In Russia, everyone knows that orphanages are the ideal place for criminal recruitment.
“Have you got a girlfriend?”
“Yeah, a girl from Belarus. She wrote to me in jail. But I’ve never met her.” He shows me a letter, then a picture. “Pretty, eh?”
He sighs and looks out the window into the woods. “Now it’s full of blueberries and strawberries. Soon it’ll be mushroom season.”
“You like the woods?”
His yes is a crisp nod of the head, like an act of submission. Then he takes his rosary and puts it in Monika’s hand. “This is yours,” he says. Then he looks at me, standing there in silence. I ask him if he made the rosary himself.
“Yeah, I made it, but not for punishment. The priest told a lot of people to make rosaries as penance. But I didn’t trust that guy. He used to be in the KGB. I made my rosary because I wanted to.”
I take it from Monika’s hand. Black, solid, with fifty beads and six crosses. I tell him it’s a splendid gift, that we’ll keep it forever. I rummage through my jacket and offer him the only thing I have to give him. A Swiss Army knife.
“Here, my friend, this is our gift to you. But first you have to give me a kopek.
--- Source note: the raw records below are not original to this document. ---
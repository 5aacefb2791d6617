// Transcripts of pages, written by hand from the grammar: lines behind `> `, each with its reply below.

/// All of them.
pub(super) fn pages() -> [&'static [u8]; 3] {
    [CANONICAL_TEXT, STATUSES, CAUSES]
}

/// What is kept is told in canonical text, which reads back.
const CANONICAL_TEXT: &[u8] = b"\
> theory t
ok
> axiom t a:((p)and(q))and(r)
ok
> show rule a
axiom t a ill-formed : p and q and r
end
> axiom t b : p and (q and r)
ok
> show  rule\tb
axiom t b ill-formed : p and (q and r)
end
> axiom t c : imp(p, (not p)=q) <=> p
ok
> show rule c
axiom t c ill-formed : p => (not p) = q <=> p
end
> axiom t d : p(x);q |- ?m [p,q]
ok
> show rule d
axiom t d ill-formed : p(x); q |- ?m[p, q]
end
> axiom t e : p => (q => r) => (s or t or u)
ok
> show rule e
axiom t e ill-formed : p => (q => r) => s or t or u
end
> axiom t f : (p => q) => r; s or (t or u); (p <=> q) <=> r |- not(not(p and q)or r)
ok
> show rule f
axiom t f ill-formed : (p => q) => r; s or (t or u); (p <=> q) <=> r |- not (not (p and q) or r)
end
> axiom t g : imp(p); imp(p, q, r); imp; eq(a, eq(b, c)); iff(iff(p, q), r) |- typing(typing(a, T), U)
ok
> show rule g
axiom t g ill-formed : imp(p); imp(p, q, r); imp; a = (b = c); (p <=> q) <=> r |- (a : T) : U
end
> axiom t h:forall{x:?T.?P[x]and x:T};?Q[exists{y:(N). y=x}]|-(?P)
ok
> show rule h
axiom t h ill-formed : forall{x:?T. ?P[x] and x : T}; ?Q[exists{y:N. y = x}] |- ?P
end
> axiom t i : not true = a.b.c(x) and (p : T) = q
ok
> show rule i
axiom t i ill-formed : not true = a.b.c(x) and (p : T) = q
end
> show
refused syntax 5
> show rule
refused syntax 10
> show theory t
refused syntax 6
> show rule r s
refused syntax 13
> show rule nope
refused unknown nope
> show rule a.b
refused unknown a.b
";

/// A rule of each status, and proofs in byte order of their names.
const STATUSES: &[u8] = b"\
> theory t
ok
> const t p -> e
ok
> axiom t ax : p
ok
> show rule ax
axiom t ax established : p
end
> rule t bad : q
ok
> show rule bad
rule t bad ill-formed : q
end
> rule t goal : p
ok
> show rule goal
rule t goal unproved : p
end
> rule t open : p
ok
> proof goal n2
ok
> proof goal n10
ok
> show rule goal
rule t goal incomplete : p
proof n10 fault root unfinished
proof n2 fault root unfinished
end
> line goal n2 l in root : p
ok
> cite goal n2 l : rule open
ok
> show rule goal
rule t goal complete : p
proof n10 fault root unfinished
proof n2 checks
end
> proof goal n1
ok
> line goal n1 l in root : p
ok
> cite goal n1 l : rule ax
ok
> show rule goal
rule t goal established : p
proof n1 checks
proof n10 fault root unfinished
proof n2 checks
end
> proof ax m
ok
> line ax m l in root : p
ok
> show rule ax
axiom t ax established : p
proof m fault l no-justification
end
> proof later m
ok
> line later m l in root : p
ok
> cite later m l : rule ax
ok
> show rule later
refused unknown later
> rule t later:(p)
ok
> show rule later
rule t later established : p
proof m checks
end
";

/// Each cause that a proof of lines can have.
const CAUSES: &[u8] = b"\
> theory t
ok
> const t p -> e
ok
> const t q -> e
ok
> const t N -> t
ok
> axiom t both : ?a; ?b |- ?a and ?b
ok
> axiom t left : ?a and ?b |- ?a
ok
> axiom t of : ?x : ?T |- ?P[?x]
ok
> rule t r : p and q |- p
ok
> proof r m
ok
> line r m l in root : N
ok
> show rule r
rule t r incomplete : p and q |- p
proof m fault l no-justification
end
> cite r m l : rule nope from k
ok
> show rule r
rule t r incomplete : p and q |- p
proof m fault l ill-formed-line
end
> line r m k in root before l : ?a
ok
> cite r m k : rule both
ok
> show rule r
rule t r incomplete : p and q |- p
proof m fault k foreign-meta
end
> proof r n
ok
> line r n l in root : p
ok
> cite r n l : rule nope from k
ok
> proof r o
ok
> line r o l in root : p
ok
> cite r o l : rule nope from #1
ok
> proof r p
ok
> line r p l in root : p
ok
> cite r p l : rule left
ok
> proof r q
ok
> line r q l in root : p
ok
> cite r q l : rule left from #1 with ?a := p
ok
> proof r s
ok
> line r s l in root : p
ok
> cite r s l : rule left from #1 with ?a := p; ?b := p
ok
> proof r t
ok
> line r t l in root : q
ok
> cite r t l : rule left from #1 with ?a := p; ?b := q
ok
> proof r u
ok
> line r u k in root : p
ok
> cite r u k : rule left from #1 with ?a := p; ?b := q
ok
> line r u l in root : p and p
ok
> cite r u l : rule both from k, k with ?a := p; ?b := p
ok
> proof r v
ok
> line r v l in root : p
ok
> cite r v l : rule left from #2 with ?a := p; ?b := q
ok
> theory u
ok
> axiom u far : p
ok
> proof r w
ok
> line r w l in root : p
ok
> cite r w l : rule far
ok
> proof r x
ok
> line r x l in root : p
ok
> cite r x l : rule left from #1 with ?a := p; ?b := q
ok
> show rule r
rule t r established : p and q |- p
proof m fault k foreign-meta
proof n fault l not-accessible
proof o fault l absent
proof p fault l wrong-count
proof q fault l ill-formed-instance
proof s fault l hypothesis-differs
proof t fault l conclusion-differs
proof u fault root conclusion-differs
proof v fault l not-accessible
proof w fault l not-visible
proof x checks
end
";
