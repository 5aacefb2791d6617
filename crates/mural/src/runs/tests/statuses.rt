// Transcripts of statuses that fall and rise again, written by hand: lines behind `> `, each with its reply below.

/// All of them.
pub(super) fn statuses() -> [&'static [u8]; 4] {
    [EDITS, DERIVATIONS, STATEMENTS, HISTORIES]
}

/// A proof is edited, and the edit is taken back.
const EDITS: &[u8] = b"\
> theory t
ok
> const t p -> e
ok
> const t q -> e
ok
> axiom t x : p
ok
> rule t a : p
ok
> rule t b : p
ok
> rule t c : p
ok
> proof a m
ok
> line a m l in root : p
ok
> cite a m l : rule x
ok
> proof b m
ok
> line b m l in root : p
ok
> cite b m l : rule a
ok
> proof c m
ok
> line c m l in root : p
ok
> cite c m l : rule b
ok
> show unit t
theory t
const p -> e
const q -> e
rule a established : p
rule b established : p
rule c established : p
axiom x established : p
end
> alter line a m l : q
ok
> show unit t
theory t
const p -> e
const q -> e
rule a incomplete : p
rule b complete : p
rule c complete : p
axiom x established : p
end
> alter line a m l : p
ok
> status c
c rule established
> unjustify b m l
ok
> show unit t
theory t
const p -> e
const q -> e
rule a established : p
rule b incomplete : p
rule c complete : p
axiom x established : p
end
> cite b m l : rule a
ok
> status c
c rule established
> box a m k in root before l : | q
ok
> status a
a rule incomplete
> status c
c rule complete
> line a m i in k : q
ok
> cite a m i : same k#1
ok
> status c
c rule established
> alter box a m k : y:bool | y, q
ok
> status c
c rule complete
> cite a m i : same k#3
ok
> status c
c rule established
> move a m l to k before i
ok
> show rule a
rule t a incomplete : p
proof m fault root unfinished
end
> status c
c rule complete
> move a m l to root
ok
> status c
c rule established
> drop proof a m
ok
> show unit t
theory t
const p -> e
const q -> e
rule a unproved : p
rule b complete : p
rule c complete : p
axiom x established : p
end
> proof a n
ok
> line a n l in root : p
ok
> cite a n l : rule x
ok
> status c
c rule established
";

/// A rule is established by a derivation alone: right proofs all the way down to axioms.
const DERIVATIONS: &[u8] = b"\
> theory s
ok
> theory low
ok
> theory t
ok
> parent t s
ok
> parent t low
ok
> const s p -> e
ok
> axiom s x : p
ok
> rule t u : p
ok
> rule t v : p
ok
> rule t w : p
ok
> proof v m
ok
> line v m l in root : p
ok
> cite v m l : rule u
ok
> proof w m
ok
> line w m l in root : p
ok
> cite w m l : rule v
ok
> show unit t
theory t
parent low
parent s
rule u unproved : p
rule v complete : p
rule w complete : p
end
> proof v n
ok
> line v n l in root : not p
ok
> cite v n l : rule x
ok
> status v
v rule complete
> alter line v n l : p
ok
> show rule v
rule t v established : p
proof m checks
proof n checks
end
> status w
w rule established
> line v n k in root before l : p
ok
> cite v n k : rule u
ok
> show rule v
rule t v complete : p
proof m checks
proof n checks
end
> proof u m
ok
> line u m l in root : p
ok
> cite u m l : rule w
refused circle u
> status w
w rule complete
> cite u m l : rule x
ok
> show unit t
theory t
parent low
parent s
rule u established : p
rule v established : p
rule w established : p
end
> axiom low y : p
ok
> cite u m l : rule y
ok
> show rule u
rule t u complete : p
proof m checks
end
> status w
w rule complete
> show unit low
theory low
axiom y ill-formed : p
end
> parent low s
ok
> show unit low
theory low
parent s
axiom y established : p
end
> show unit t
theory t
parent low
parent s
rule u established : p
rule v established : p
rule w established : p
end
> unparent low s
ok
> status w
w rule complete
> drop rule y
ok
> show rule u
rule t u incomplete : p
proof m fault l absent
end
> status w
w rule complete
> axiom t y : p
ok
> status w
w rule established
";

/// A rule is altered or dropped, and stated as it was.
const STATEMENTS: &[u8] = b"\
> theory t
ok
> const t p -> e
ok
> axiom t and_e1 : ?p and ?q |- ?p
ok
> axiom t and_e2 : ?p and ?q |- ?q
ok
> axiom t and_i : ?p; ?q |- ?p and ?q
ok
> rule t swap : ?p and ?q |- ?q and ?p
ok
> proof swap m
ok
> line swap m l1 in root : ?q
ok
> line swap m l2 in root : ?p
ok
> line swap m l3 in root : ?q and ?p
ok
> cite swap m l1 : rule and_e2 from #1 with ?p := ?p; ?q := ?q
ok
> cite swap m l2 : rule and_e1 from #1 with ?p := ?p; ?q := ?q
ok
> cite swap m l3 : rule and_i from l1, l2 with ?p := ?q; ?q := ?p
ok
> rule t again : p and forall{x:bool. x} |- forall{y:bool. y} and p
ok
> proof again m
ok
> line again m l in root : forall{z:bool. z} and p
ok
> cite again m l : rule swap from #1 with ?p := p; ?q := forall{x:bool. x}
ok
> show unit t
theory t
const p -> e
rule again established : p and forall{x:bool. x} |- forall{y:bool. y} and p
axiom and_e1 established : ?p and ?q |- ?p
axiom and_e2 established : ?p and ?q |- ?q
axiom and_i established : ?p; ?q |- ?p and ?q
rule swap established : ?p and ?q |- ?q and ?p
end
> alter rule and_e1 : ?p and ?q |- ?q
ok
> show rule swap
rule t swap incomplete : ?p and ?q |- ?q and ?p
proof m fault l2 conclusion-differs
end
> status again
again rule complete
> alter rule and_e1 : ?p and ?q |- ?p
ok
> status again
again rule established
> alter rule swap : ?p and ?q |- ?p
ok
> show rule swap
rule t swap incomplete : ?p and ?q |- ?p
proof m fault root conclusion-differs
end
> show rule again
rule t again incomplete : p and forall{x:bool. x} |- forall{y:bool. y} and p
proof m fault l conclusion-differs
end
> alter rule swap : ?a and ?b |- ?b and ?a
ok
> show rule swap
rule t swap incomplete : ?a and ?b |- ?b and ?a
proof m fault l1 foreign-meta
end
> show rule again
rule t again incomplete : p and forall{x:bool. x} |- forall{y:bool. y} and p
proof m fault l ill-formed-instance
end
> alter rule swap : ?p and ?q |- ?q and ?p
ok
> status again
again rule established
> alter rule again : p and forall{z:bool. z} |- forall{x:bool. x} and p
ok
> status again
again rule established
> drop rule swap
ok
> status swap
refused unknown swap
> show proof swap m
proof swap m fault root no-rule
l1 : ?q by rule and_e2 from #1 with ?p := ?p; ?q := ?q
l2 : ?p by rule and_e1 from #1 with ?p := ?p; ?q := ?q
l3 : ?q and ?p by rule and_i from l1, l2 with ?p := ?q; ?q := ?p
end
> show rule again
rule t again incomplete : p and forall{z:bool. z} |- forall{x:bool. x} and p
proof m fault l absent
end
> axiom t swap : ?p and ?q |- ?q and ?p
ok
> status again
again rule established
> drop rule swap
ok
> rule t swap : ?p and ?q |- ?q and ?p
ok
> show unit t
theory t
const p -> e
rule again established : p and forall{z:bool. z} |- forall{x:bool. x} and p
axiom and_e1 established : ?p and ?q |- ?p
axiom and_e2 established : ?p and ?q |- ?q
axiom and_i established : ?p; ?q |- ?p and ?q
rule swap established : ?p and ?q |- ?q and ?p
end
";

/// Pages tell the store and not how it came about: the same ones come of a development that is straight and of one with detours.
const HISTORIES: &[u8] = b"\
> theory low
ok
> theory top
ok
> parent top low
ok
> const low p -> e
ok
> const low d(e) -> e
ok
> define d(x) = x and x
ok
> axiom low both : p and p
ok
> rule top goal : d(p)
ok
> proof goal m
ok
> line goal m one in root : p and p
ok
> cite goal m one : rule both
ok
> line goal m two in root : d(p)
ok
> cite goal m two : def d on one
ok
> show unit low
theory low
const d(e) -> e
define d(x) = x and x
const p -> e
axiom both established : p and p
end
> show unit top
theory top
parent low
rule goal established : d(p)
end
> show proof goal m
proof goal m checks
one : p and p by rule both
two : d(p) by def d on one
end
> drop rule goal
ok
> drop rule both
ok
> drop proof goal m
ok
> undefine d
ok
> drop const d
ok
> drop const p
ok
> drop unit low
ok
> drop unit top
ok
> show unit low
refused unknown low
> show unit top
refused unknown top
> proof goal m
ok
> line goal m two in root : p
ok
> box goal m b in root before two : x:bool | x
ok
> line goal m one in b : p and p
ok
> cite goal m two : same one
ok
> cite goal m one : rule goal
refused circle goal
> cite goal m one : rule both
ok
> theory top
ok
> parent top nowhere
ok
> parent top low
ok
> rule top goal : p
ok
> show rule goal
rule top goal ill-formed : p
proof m fault one ill-formed-line
end
> theory low
ok
> const low d -> t
ok
> const low p(e) -> e
ok
> axiom low both : not p
ok
> define d(z) = p(z)
ok
> define p(x) = d(x)
refused circle d
> move goal m one to root before two
ok
> drop item goal m b
ok
> alter line goal m two : d(p)
ok
> cite goal m two : def d on one
ok
> unparent top nowhere
ok
> alter rule goal : d(p)
ok
> alter rule both : p and p
ok
> alter const d(e) -> e
ok
> alter const p -> e
ok
> define d(x) = x and x
ok
> show unit low
theory low
const d(e) -> e
define d(x) = x and x
const p -> e
axiom both established : p and p
end
> show unit top
theory top
parent low
rule goal established : d(p)
end
> show proof goal m
proof goal m checks
one : p and p by rule both
two : d(p) by def d on one
end
";
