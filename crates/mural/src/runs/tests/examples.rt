// The examples of the documents and what they print, as tools/examples writes them here.

pub(super) mod boxes;
pub(super) mod edits;
pub(super) mod first;
pub(super) mod hypotheses;
pub(super) mod operators;
pub(super) mod pages;
pub(super) mod propositions;
pub(super) mod refusals;
pub(super) mod theories;
pub(super) mod tutorial;
pub(super) mod units;

/// Each example with its replies.
pub(super) fn examples() -> [(&'static [u8], &'static [u8]); 11] {
    [
        (boxes::COMMANDS, boxes::REPLIES),
        (edits::COMMANDS, edits::REPLIES),
        (first::COMMANDS, first::REPLIES),
        (hypotheses::COMMANDS, hypotheses::REPLIES),
        (operators::COMMANDS, operators::REPLIES),
        (pages::COMMANDS, pages::REPLIES),
        (propositions::COMMANDS, propositions::REPLIES),
        (refusals::COMMANDS, refusals::REPLIES),
        (theories::COMMANDS, theories::REPLIES),
        (tutorial::COMMANDS, tutorial::REPLIES),
        (units::COMMANDS, units::REPLIES),
    ]
}
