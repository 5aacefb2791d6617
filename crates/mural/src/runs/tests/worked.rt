// The worked examples of the whole program, as transcripts: lines behind `> `, each with its reply below.

/// All of them.
pub(super) fn worked() -> [&'static [u8]; 4] {
    [SWAP, CIRCLES, CHAIN, REFUSALS]
}

/// The conjuncts of a conjunction change places: the proof is entered from its end, what it cites is altered and altered
/// back, and its rule is dropped and stated again.
const SWAP: &[u8] = b"\
> theory prop
ok
> axiom prop and_e1 : ?p and ?q |- ?p
ok
> axiom prop and_e2 : ?p and ?q |- ?q
ok
> axiom prop and_i : ?p; ?q |- ?p and ?q
ok
> rule prop and_swap : ?p and ?q |- ?q and ?p
ok
> proof and_swap m
ok
> line and_swap m l3 in root : ?q and ?p
ok
> cite and_swap m l3 : rule and_i from l1, l2 with ?p := ?q; ?q := ?p
ok
> status and_swap
and_swap rule incomplete
> line and_swap m l1 in root before l3 : ?q
ok
> line and_swap m l2 in root before l3 : ?p
ok
> cite and_swap m l1 : rule and_e2 from #1 with ?p := ?p; ?q := ?q
ok
> cite and_swap m l2 : rule and_e1 from #1 with ?p := ?p; ?q := ?q
ok
> status and_swap
and_swap rule established
> show proof and_swap m
proof and_swap m checks
l1 : ?q by rule and_e2 from #1 with ?p := ?p; ?q := ?q
l2 : ?p by rule and_e1 from #1 with ?p := ?p; ?q := ?q
l3 : ?q and ?p by rule and_i from l1, l2 with ?p := ?q; ?q := ?p
end
> alter rule and_e1 : ?p and ?q |- ?q
ok
> show rule and_swap
rule prop and_swap incomplete : ?p and ?q |- ?q and ?p
proof m fault l2 conclusion-differs
end
> alter rule and_e1 : ?p and ?q |- ?p
ok
> status and_swap
and_swap rule established
> drop rule and_swap
ok
> status and_swap
refused unknown and_swap
> show proof and_swap m
proof and_swap m fault root no-rule
l1 : ?q by rule and_e2 from #1 with ?p := ?p; ?q := ?q
l2 : ?p by rule and_e1 from #1 with ?p := ?p; ?q := ?q
l3 : ?q and ?p by rule and_i from l1, l2 with ?p := ?q; ?q := ?p
end
> rule prop and_swap : ?p and ?q |- ?q and ?p
ok
> status and_swap
and_swap rule established
";

/// Two rules that would lead back to themselves.
const CIRCLES: &[u8] = b"\
> theory t
ok
> const t p -> e
ok
> rule t a : p
ok
> rule t b : p
ok
> proof a m
ok
> line a m l in root : p
ok
> proof b m
ok
> line b m l in root : p
ok
> cite a m l : rule b
ok
> cite b m l : rule a
refused circle a
> cite b m l : rule b
refused circle b
> status a
a rule complete
> status b
b rule incomplete
";

/// What rests on an axiom falls with it and rises again.
const CHAIN: &[u8] = b"\
> theory t
ok
> const t p -> e
ok
> axiom t x : p
ok
> rule t a : p
ok
> rule t b : p
ok
> rule t c : p
ok
> proof a m
ok
> line a m l in root : p
ok
> cite a m l : rule x
ok
> proof b m
ok
> line b m l in root : p
ok
> cite b m l : rule a
ok
> proof b s
ok
> line b s l in root : p
ok
> cite b s l : rule c
ok
> status a
a rule established
> status b
b rule established
> drop rule x
ok
> status a
a rule incomplete
> status b
b rule complete
> show rule a
rule t a incomplete : p
proof m fault l absent
end
> show rule b
rule t b complete : p
proof m checks
proof s checks
end
> axiom t x : p
ok
> status a
a rule established
> status b
b rule established
";

/// Commands that are refused, one for each cause, and lines without a reply. Each leaves the store as it was.
const REFUSALS: &[u8] = b"\
> theory prop
ok
> const prop p -> e
ok
> axiom prop ap : p
ok
> status ap
ap axiom established
> theory
refused syntax 7
> const prop p -> z
refused syntax 17
> rule prop a.b : p
refused syntax 11
> theory aaaaaaaaaaaaaaaaaaaaaaaaaaaaaaaaaaaaaaaaaaaaaaaaaaaaaaaaaaaaaaaaa
refused limit name
> const nope q -> e
refused unknown nope
> theory prop
refused taken prop
> define p(x, x) = p
refused taken x
> const prop and -> e
refused builtin and
> drop unit prop
refused not-empty prop
> parent prop prop
refused circle prop
> status ap
ap axiom established
> \x20\x20\t\x20
> status ap
ap axiom established
> # \xc3\xbcmlaut
> status ap
ap axiom established
>\x20
> status ap
ap axiom established
";
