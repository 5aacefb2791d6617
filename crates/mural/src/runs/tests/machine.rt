// Calls of the machine that no command makes, and the room that a change wants.

use mu_command::read_line;
use mu_machine::{Machine, Reply, Tally};
use mu_status::RuleStatus;
use mu_tables::Work;
use mu_tree::{Name, Refusal};
use std::alloc::Global;
use std::test::Fail;

/// The reply to a line that is a command, where a journal has this room.
fn reply_to(
    alloc: Global,
    machine: &mut Machine,
    line: &[u8],
    room: u64,
) -> Result<Option<Reply>, Fail> {
    match read_line(alloc, line)? {
        Some(command) => {
            let mut work = Work::new();
            Ok(Some(machine.step(alloc, command, room, &mut work)?))
        }
        None => Ok(None),
    }
}

/// Whether a line is a change that is carried out where a journal has this room.
fn is_made(alloc: Global, machine: &mut Machine, line: &[u8], room: u64) -> Result<bool, Fail> {
    let reply = reply_to(alloc, machine, line, room)?;
    Ok(matches!(reply, Some(Reply::Changed { .. })))
}

/// Whether a line is a change that is refused for want of this room.
fn is_too_long(alloc: Global, machine: &mut Machine, line: &[u8], room: u64) -> Result<bool, Fail> {
    let reply = reply_to(alloc, machine, line, room)?;
    Ok(matches!(reply, Some(Reply::Refused(Refusal::JournalFull))))
}

#[test]
fn wants_room_for_the_record_of_a_change(rt: HostRuntime) -> Result<(), Fail> {
    let alloc = rt.alloc();
    let mut machine = Machine::new(alloc)?;
    assert!(rt; is_too_long(alloc, &mut machine, b"theory z", 13)?);
    assert_eq!(rt; machine.store().units().count(), 0);
    assert!(rt; is_made(alloc, &mut machine, b"theory  z", 14)?);
    assert_eq!(rt; machine.store().units().count(), 1);
    assert!(rt; !is_too_long(alloc, &mut machine, b"theory z", 13)?);
    Ok(())
}

/// A machine with an axiom, a rule that is proved by it, and a rule without proofs.
fn three_rules(alloc: Global) -> Result<Machine, Fail> {
    let mut machine = Machine::new(alloc)?;
    for line in [
        b"theory t".as_slice(),
        b"const t p -> e",
        b"axiom t a : p",
        b"rule t b : p",
        b"rule t c : p",
        b"proof b m",
        b"line b m l in root : p",
        b"cite b m l : rule a",
    ] {
        is_made(alloc, &mut machine, line, 1_000)?;
    }
    Ok(machine)
}

#[test]
fn tells_statuses_and_counts_them(rt: HostRuntime) -> Result<(), Fail> {
    let alloc = rt.alloc();
    let machine = three_rules(alloc)?;
    let mut work = Work::new();
    let status = machine.status(alloc, &Name::read(alloc, b"b")?, &mut work)?;
    assert!(rt; status == Some(RuleStatus::Established));
    let none = machine.status(alloc, &Name::read(alloc, b"d")?, &mut work)?;
    assert!(rt; none.is_none());
    let told = Tally {
        established: 2,
        complete: 0,
        incomplete: 0,
        unproved: 1,
        ill_formed: 0,
    };
    assert!(rt; machine.tally(alloc, &mut work)? == told);
    Ok(())
}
Otherwise it will bring you bad luck.”
He digs the copper coin out of his pocket and holds it out to me. I tell him about my kids, gone far away from home to find work, and his eyes tear up again. Every time I tell him something that goes straight to the heart, he turns his head so we won’t see that’s he’s upset. I look at him closely. His eyes are far apart, of a rare deep green, with golden sparkles. His smile is embarrassingly sweet. I notice his strong neck and ask him if he has ever boxed.
“Yeah, but I was a chump.”
I tell him my father was excellent. Lean and agile, he could knock me down with only the slightest movement of his body. His eyes tear up again.
The train is pulling into the station at Kyem, jumping-off point for the Solovetsky Islands. We’re getting off here. We say good-bye. “Do me a favor now and keep out of trouble.” We give him our address and phone number. He writes down his for us. Alexander etc. I see that he lives in a village nestled among the great lakes. A land of enchantment, which, however, terrorizes him.
Now the train is stopped in the rain. From platform number two, I look back at a young man dressed in black, looking out from behind the window, pretending not to cry.
“Maybe we’ll meet again,” Monika calls out to him.
He smiles: “Well, the world is round, isn’t it?”
We cross the tracks of platform one, our legs turned to mush from sadness, our black rosary in hand. Alexander. We’ll carry in our hearts forever the gaze of this orphan with the tender heart, stranded on a troubled road.
Looking at it from the wharf, the ferryboat for the Solovetskys—the monastery islands turned Gulag—looks as though it’s suspended like a hot air balloon.